- **Work to complete**
Could you retype, exactly as written, every line from the top of the records through the line that contains "use std::sync::Wait;"?

[Collected data]
__________________________________________________
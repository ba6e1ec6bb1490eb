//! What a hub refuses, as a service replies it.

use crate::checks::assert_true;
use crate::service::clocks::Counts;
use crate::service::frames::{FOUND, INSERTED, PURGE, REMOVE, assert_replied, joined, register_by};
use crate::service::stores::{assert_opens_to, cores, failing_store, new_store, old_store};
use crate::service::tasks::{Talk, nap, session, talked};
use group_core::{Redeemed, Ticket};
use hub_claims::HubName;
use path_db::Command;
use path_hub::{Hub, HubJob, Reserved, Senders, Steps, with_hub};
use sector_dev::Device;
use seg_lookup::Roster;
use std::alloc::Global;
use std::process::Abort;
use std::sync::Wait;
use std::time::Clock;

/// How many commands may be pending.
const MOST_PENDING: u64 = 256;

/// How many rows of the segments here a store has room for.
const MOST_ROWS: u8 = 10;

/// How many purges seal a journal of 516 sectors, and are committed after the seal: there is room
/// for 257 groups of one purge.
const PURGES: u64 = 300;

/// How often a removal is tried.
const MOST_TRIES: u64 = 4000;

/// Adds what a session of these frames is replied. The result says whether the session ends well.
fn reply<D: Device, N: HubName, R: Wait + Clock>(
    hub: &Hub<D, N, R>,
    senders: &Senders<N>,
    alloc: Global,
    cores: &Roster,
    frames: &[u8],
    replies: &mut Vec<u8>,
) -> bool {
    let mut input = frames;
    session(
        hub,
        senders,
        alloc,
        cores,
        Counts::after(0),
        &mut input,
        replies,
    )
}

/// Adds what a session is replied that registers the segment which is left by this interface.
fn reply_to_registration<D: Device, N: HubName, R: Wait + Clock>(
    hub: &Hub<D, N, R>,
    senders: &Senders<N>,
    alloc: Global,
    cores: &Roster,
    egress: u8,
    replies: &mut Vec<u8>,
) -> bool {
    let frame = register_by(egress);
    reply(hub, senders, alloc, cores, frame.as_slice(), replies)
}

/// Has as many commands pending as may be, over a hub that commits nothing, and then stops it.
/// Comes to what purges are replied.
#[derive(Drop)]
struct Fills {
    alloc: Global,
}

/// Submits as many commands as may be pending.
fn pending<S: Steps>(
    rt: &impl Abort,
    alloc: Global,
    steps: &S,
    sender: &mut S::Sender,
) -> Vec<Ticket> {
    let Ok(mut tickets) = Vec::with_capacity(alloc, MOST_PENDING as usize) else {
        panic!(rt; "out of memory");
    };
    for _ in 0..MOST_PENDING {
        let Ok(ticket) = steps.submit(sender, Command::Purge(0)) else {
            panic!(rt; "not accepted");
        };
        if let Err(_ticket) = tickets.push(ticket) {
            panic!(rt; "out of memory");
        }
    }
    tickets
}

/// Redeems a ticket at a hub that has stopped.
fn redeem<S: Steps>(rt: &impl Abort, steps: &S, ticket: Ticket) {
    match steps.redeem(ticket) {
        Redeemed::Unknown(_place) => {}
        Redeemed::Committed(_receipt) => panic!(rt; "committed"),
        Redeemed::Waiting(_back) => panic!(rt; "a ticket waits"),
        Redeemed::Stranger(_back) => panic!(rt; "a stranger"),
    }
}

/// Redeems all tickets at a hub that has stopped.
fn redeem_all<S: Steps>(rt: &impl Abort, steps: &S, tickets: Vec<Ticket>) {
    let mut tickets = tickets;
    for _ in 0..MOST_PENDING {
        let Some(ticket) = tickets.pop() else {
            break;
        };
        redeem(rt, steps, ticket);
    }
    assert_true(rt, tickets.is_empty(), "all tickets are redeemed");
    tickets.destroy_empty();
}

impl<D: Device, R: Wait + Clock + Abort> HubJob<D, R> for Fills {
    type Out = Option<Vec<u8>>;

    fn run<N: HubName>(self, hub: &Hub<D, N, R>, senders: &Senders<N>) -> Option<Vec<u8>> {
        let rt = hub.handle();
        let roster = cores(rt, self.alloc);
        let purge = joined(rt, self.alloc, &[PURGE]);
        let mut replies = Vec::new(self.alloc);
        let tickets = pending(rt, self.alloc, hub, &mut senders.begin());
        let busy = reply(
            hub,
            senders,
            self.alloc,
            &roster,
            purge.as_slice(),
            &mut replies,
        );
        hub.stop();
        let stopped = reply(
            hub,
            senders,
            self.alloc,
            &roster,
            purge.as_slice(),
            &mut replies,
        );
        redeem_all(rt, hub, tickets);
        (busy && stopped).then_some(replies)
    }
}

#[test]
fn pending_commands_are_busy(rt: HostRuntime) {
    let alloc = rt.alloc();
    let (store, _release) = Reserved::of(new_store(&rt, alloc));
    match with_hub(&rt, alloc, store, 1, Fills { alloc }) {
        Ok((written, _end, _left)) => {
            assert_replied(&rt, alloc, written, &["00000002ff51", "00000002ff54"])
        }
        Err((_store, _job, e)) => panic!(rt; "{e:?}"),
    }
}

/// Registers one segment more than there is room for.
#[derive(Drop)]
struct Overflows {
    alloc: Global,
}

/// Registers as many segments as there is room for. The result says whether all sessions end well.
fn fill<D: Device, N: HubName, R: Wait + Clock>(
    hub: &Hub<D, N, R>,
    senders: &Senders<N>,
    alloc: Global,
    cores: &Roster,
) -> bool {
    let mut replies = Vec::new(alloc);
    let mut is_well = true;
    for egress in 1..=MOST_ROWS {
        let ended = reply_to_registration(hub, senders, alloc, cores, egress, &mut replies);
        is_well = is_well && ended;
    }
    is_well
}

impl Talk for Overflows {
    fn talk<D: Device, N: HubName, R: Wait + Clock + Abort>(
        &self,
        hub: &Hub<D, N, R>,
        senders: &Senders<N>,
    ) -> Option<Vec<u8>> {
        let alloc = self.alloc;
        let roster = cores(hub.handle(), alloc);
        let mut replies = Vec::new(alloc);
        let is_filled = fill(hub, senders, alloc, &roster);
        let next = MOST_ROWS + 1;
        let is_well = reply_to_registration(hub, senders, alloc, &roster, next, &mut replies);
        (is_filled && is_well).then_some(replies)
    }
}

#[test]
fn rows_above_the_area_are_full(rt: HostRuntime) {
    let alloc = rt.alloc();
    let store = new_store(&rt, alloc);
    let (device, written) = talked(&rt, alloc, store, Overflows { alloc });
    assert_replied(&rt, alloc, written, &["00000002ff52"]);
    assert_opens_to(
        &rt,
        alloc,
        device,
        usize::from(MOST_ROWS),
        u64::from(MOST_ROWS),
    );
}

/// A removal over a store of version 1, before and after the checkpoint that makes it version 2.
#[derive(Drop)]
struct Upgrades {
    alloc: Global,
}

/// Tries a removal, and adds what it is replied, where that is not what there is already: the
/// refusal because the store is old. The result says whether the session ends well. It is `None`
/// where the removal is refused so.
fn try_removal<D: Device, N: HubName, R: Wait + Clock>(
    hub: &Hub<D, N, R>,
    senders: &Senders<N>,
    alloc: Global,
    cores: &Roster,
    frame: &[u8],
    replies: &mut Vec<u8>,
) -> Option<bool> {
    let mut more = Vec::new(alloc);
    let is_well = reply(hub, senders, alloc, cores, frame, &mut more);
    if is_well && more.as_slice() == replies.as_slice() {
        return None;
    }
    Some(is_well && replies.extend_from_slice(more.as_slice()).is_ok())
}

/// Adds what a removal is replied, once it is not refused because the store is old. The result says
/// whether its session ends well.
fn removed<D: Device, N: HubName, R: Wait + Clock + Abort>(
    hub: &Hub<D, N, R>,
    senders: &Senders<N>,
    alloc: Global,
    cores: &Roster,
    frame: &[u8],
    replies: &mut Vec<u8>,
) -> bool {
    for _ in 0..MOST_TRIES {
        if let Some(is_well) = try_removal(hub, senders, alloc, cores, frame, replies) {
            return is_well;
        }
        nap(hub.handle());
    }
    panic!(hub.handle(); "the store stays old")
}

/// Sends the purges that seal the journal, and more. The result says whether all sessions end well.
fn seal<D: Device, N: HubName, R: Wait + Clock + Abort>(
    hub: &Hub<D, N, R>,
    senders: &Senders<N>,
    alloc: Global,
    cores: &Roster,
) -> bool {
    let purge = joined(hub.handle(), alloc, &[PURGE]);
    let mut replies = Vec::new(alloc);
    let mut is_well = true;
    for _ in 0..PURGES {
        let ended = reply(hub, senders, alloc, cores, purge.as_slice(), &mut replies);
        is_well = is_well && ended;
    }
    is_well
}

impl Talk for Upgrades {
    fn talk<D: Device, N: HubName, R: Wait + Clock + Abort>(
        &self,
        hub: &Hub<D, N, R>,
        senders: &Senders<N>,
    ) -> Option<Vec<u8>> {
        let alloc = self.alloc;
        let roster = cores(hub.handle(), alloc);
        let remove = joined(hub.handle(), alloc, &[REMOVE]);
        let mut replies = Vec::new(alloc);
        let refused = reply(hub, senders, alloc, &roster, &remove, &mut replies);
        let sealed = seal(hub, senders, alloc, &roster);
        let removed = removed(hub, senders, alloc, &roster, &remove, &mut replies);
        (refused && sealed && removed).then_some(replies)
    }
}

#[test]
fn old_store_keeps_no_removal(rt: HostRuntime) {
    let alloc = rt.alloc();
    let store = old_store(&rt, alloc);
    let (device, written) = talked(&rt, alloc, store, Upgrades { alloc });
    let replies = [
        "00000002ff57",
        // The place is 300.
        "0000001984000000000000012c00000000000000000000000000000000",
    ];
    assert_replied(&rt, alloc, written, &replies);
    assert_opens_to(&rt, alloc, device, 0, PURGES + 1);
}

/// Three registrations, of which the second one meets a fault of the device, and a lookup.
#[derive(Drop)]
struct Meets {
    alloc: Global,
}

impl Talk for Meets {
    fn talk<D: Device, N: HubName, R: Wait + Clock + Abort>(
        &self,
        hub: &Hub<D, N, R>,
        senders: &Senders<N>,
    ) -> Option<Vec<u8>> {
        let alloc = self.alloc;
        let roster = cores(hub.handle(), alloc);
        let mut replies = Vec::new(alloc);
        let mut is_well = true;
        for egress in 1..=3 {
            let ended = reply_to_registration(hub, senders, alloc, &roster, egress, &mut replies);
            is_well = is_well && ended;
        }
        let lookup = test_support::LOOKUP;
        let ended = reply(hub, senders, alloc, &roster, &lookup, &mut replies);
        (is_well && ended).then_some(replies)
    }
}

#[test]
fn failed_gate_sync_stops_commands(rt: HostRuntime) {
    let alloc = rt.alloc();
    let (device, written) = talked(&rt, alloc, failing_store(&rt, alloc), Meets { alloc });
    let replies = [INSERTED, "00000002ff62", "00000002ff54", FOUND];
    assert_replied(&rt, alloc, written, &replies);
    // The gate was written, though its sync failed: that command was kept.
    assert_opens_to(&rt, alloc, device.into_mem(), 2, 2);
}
__________________________________________________
- **Solution**
repository ba6e1ec6bb1490eb
//! What a hub refuses, as a service replies it.

use crate::checks::assert_true;
use crate::service::clocks::Counts;
use crate::service::frames::{FOUND, INSERTED, PURGE, REMOVE, assert_replied, joined, register_by};
use crate::service::stores::{assert_opens_to, cores, failing_store, new_store, old_store};
use crate::service::tasks::{Talk, nap, session, talked};
use group_core::{Redeemed, Ticket};
use hub_claims::HubName;
use path_db::Command;
use path_hub::{Hub, HubJob, Reserved, Senders, Steps, with_hub};
use sector_dev::Device;
use seg_lookup::Roster;
use std::alloc::Global;
use std::process::Abort;
use std::sync::Wait;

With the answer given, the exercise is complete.